Add release barriers when allocating objects with concurrent collection

Stuart Monteith stuart.monteith at arm.com
Fri Aug 28 14:27:31 UTC 2020


Hi,
	Erik got in there before me. To add to what he said, store_klass is called in one place, 
cpu/aarch64/templateTable_aarch64.cpp:TemplateTable::_new(). Both _new() and C1_MacroAssembler::initialize_object emit a 
StoreStore barrier at the end of the constructor, as that is all they need for ordering on the TLAB and Eden.

 From reading the shared code, there is a protocol that GC should leave objects along if their klass field is null, 
which is what the ordering is applied to in this case. I can't find evidence that this is observed by the GC algorithms.

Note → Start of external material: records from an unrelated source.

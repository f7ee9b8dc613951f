//! Groups of units that fit in no stripe.

ghost use Rattle.std.specs.Prelude.{◌≡◌, ◌≤◌, ◌⊎◌, Err, Some, length, IfOk};
ghost use Rattle.pr_base.specs.declared.caps.Cap.{Cap};
ghost use Rattle.pr_flat.specs.Flats.{equations_of};
ghost use Rattle.pr_flat.specs.Widths.{AreWidths};
ghost use Rattle.pr_net.specs.Whole.{shape_of};
ghost use Rattle.pr_cut_units.specs.Flats.{flat_net, flat_plan};
ghost use Rattle.pr_cut_units.specs.Nets.{limit_passed};
ghost use Rattle.pr_cut_plan.specs.declared.faults.CutFault.{CutFault};
ghost use Rattle.pr_lens_fits.specs.Makers.{HasMaker, IsMaker};
ghost use Rattle.pr_lens_fits.specs.Unfits.{cell_count, group_ending, IsUnfit, IsFound, IsNothing};

use crate::cells::{cells_in, group_ending};
use crate::kept::kept_before;
use crate::makers::unit_equation;
use crate::nets::plan_and_net;
use crate::ready::ready_in;
use pr_cut_plan::CutFault;
use pr_flat::Flat;
use pr_lens_find::equations_item;
use pr_lens_source::Source;
use pr_net::Net;
use pr_width::Widths;
use std::alloc::{AllocError, Global};

/// How many columns the group has whose last unit this is; 0 where there is none.
fn group_columns(net: &Net, unit: u32) -> usize
    ensures { result ≡ cell_count (shape_of net.now) (group_ending (shape_of net.now) unit) }
{
    cells_in(net, group_ending(net, u64::from(unit)))
}

/// A group of units that fits in no stripe.
#[derive(Clone, Copy)]
pub struct Unfit {
    /// The item that makes its last unit.
    pub item: usize,
    /// How many columns it has.
    pub columns: usize,
    /// How many bytes that are made before its last unit are needed by that, by later ones or by outputs.
    pub kept: usize,
}

/// The equation of a unit, and what is known of its group, in the net of equations on so many columns.
fn group_of(
    alloc: Global,
    flat: &Flat,
    widths: &Widths,
    columns: usize,
    unit: u32,
) -> Result<(usize, Unfit), CutFault>
    requires widths { AreWidths (equations_of flat.now) widths.now }
    requires columns { (1 ≤ columns) × (columns ≤ 64) }
    ensures maker { IfOk result (λ r. IsMaker (flat_plan flat.now widths.now) unit r.0) }
    ensures found { IfOk result (λ r. IsUnfit (flat_net flat.now widths.now) unit r.1) }
    ensures limit { (cap : Cap) → result ≡ Err (CutFault.Limit cap) →
        limit_passed columns (flat_net flat.now widths.now) ≡ Some cap }
{
    let (plan, net) = plan_and_net(alloc, flat, widths, columns)?;
    let kept = kept_before(alloc, &net, unit)?;
    let found = Unfit {
        item: 0,
        columns: group_columns(&net, unit),
        kept,
    };
    Ok((unit_equation(flat, widths, &plan, unit), found))
}

/// What is known of the group that fits in no stripe of so many columns, and whose last unit this is; nothing where the
/// text has no net.
pub fn find_unfit(
    alloc: Global,
    source: &Source,
    narrowed: bool,
    columns: usize,
    unit: u32,
) -> Result<Unfit, AllocError>
    requires short { length source.now.text.now ≤ 1048576 }
    requires columns { (1 ≤ columns) × (columns ≤ 64) }
    ensures item { IfOk result (λ found. IsNothing columns narrowed source.now.text.now found ⊎
        HasMaker narrowed source.now.text.now source.now.tokens.now source.now.spans.now unit found.item) }
    ensures found { IfOk result (IsFound columns narrowed source.now.text.now unit) }
{
    let nothing = Unfit {
        item: 0,
        columns: 0,
        kept: 0,
    };
    let Some((flat, widths)) = ready_in(alloc, source.text, narrowed)? else {
        return Ok(nothing);
    };
    match group_of(alloc, &flat, &widths, columns, unit) {
        Err(CutFault::Memory(error)) => {
            return Err(error);
        }
        Err(CutFault::Limit(_cap)) => {
            return Ok(nothing);
        }
        Ok((equation, found)) => {
            let item = equations_item(alloc, source, equation)?;
            return Ok(Unfit {
                item,
                columns: found.columns,
                kept: found.kept,
            });
        }
    }
}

As for fields being initialized, and shared between classes, I thought that was well defined by the JVM spec - it would 
take a Thread to deliberately share it in that instance.

BR,
	Stuart

On 28/08/2020 09:09, Erik Österlund wrote:
> Hi Andrew,
> 
> This is an excellent question. In fact, perhaps this should be better documented in the code.
> 
> You should not need any fencing in the fast path, and the race indeed only happens for the
> slow path.
> 
> If you allocate an object in a TLAB, then it will be allocated in memory that is not concurrently
> visited by any GC in HotSpot (eden for STW collectors, allocating pages for ZGC, something similar
> for Shenandoah I guess). And they are simply not traversed concurrently by the GC.
> 
> So to the best of my knowledge, this code is really there only for huge allocations.
> 
> Huge allocations may be done in fast paths when CollectedHeap::supports_inline_contig_alloc() is true.
> But it is not true for the collectors that poke said objects concurrently. Therefore, such objects
> will instead be allocated with a slow path call, which will perform the right release_store dance
> in the runtime, for such huge objects.
> 
> These huge objects are not necessarily part of young gen, and may be traversed concurrently.
> 
> So as other objects have at least the header initialized in young gen or equivalent (allocating) memory,
> they should not need any release_store when initializing the Klass header, to satisfy the GC.
> 
> However, I'm not sure what happens if you share objects that have not finished running their constructor
> to e.g. a static field, and another Java thread racingly reads it and tries to make sense out of it.
> Feels like that might be a bit awkward...
> 
> Thanks,
> /Erik
> 
> On 2020-08-27 11:59, Andrew Haley wrote:
>> 8165808 (Add release barriers when allocating objects with concurrent
>> collection) added release barriers to object allocation paths. But it
>> only added them in shared code, not in the fast-path code.
>>
>> I find a comment I added to AArch64 in 2013:
>>
>>   void MacroAssembler::store_klass(Register dst, Register src) {
>> +  // FIXME: Should this be a store release?  concurrent gcs assumes
>> +  // klass length is valid if klass field is not null.
>>
>> PPC doesn't have release barriers here either:
>>
>> void MacroAssembler::store_klass(Register dst_oop, Register klass, Register ck) {
>>    if (UseCompressedClassPointers) {
>>      encode_klass_not_null(ck, klass);
>>      stw(ck, oopDesc::klass_offset_in_bytes(), dst_oop);
>>    } else {
>>      std(klass, oopDesc::klass_offset_in_bytes(), dst_oop);
>>    }
>> }
>>
>> So what's up? What should we be doing here? Surely if the slow path
>> code needs the barriers, the fast path does too.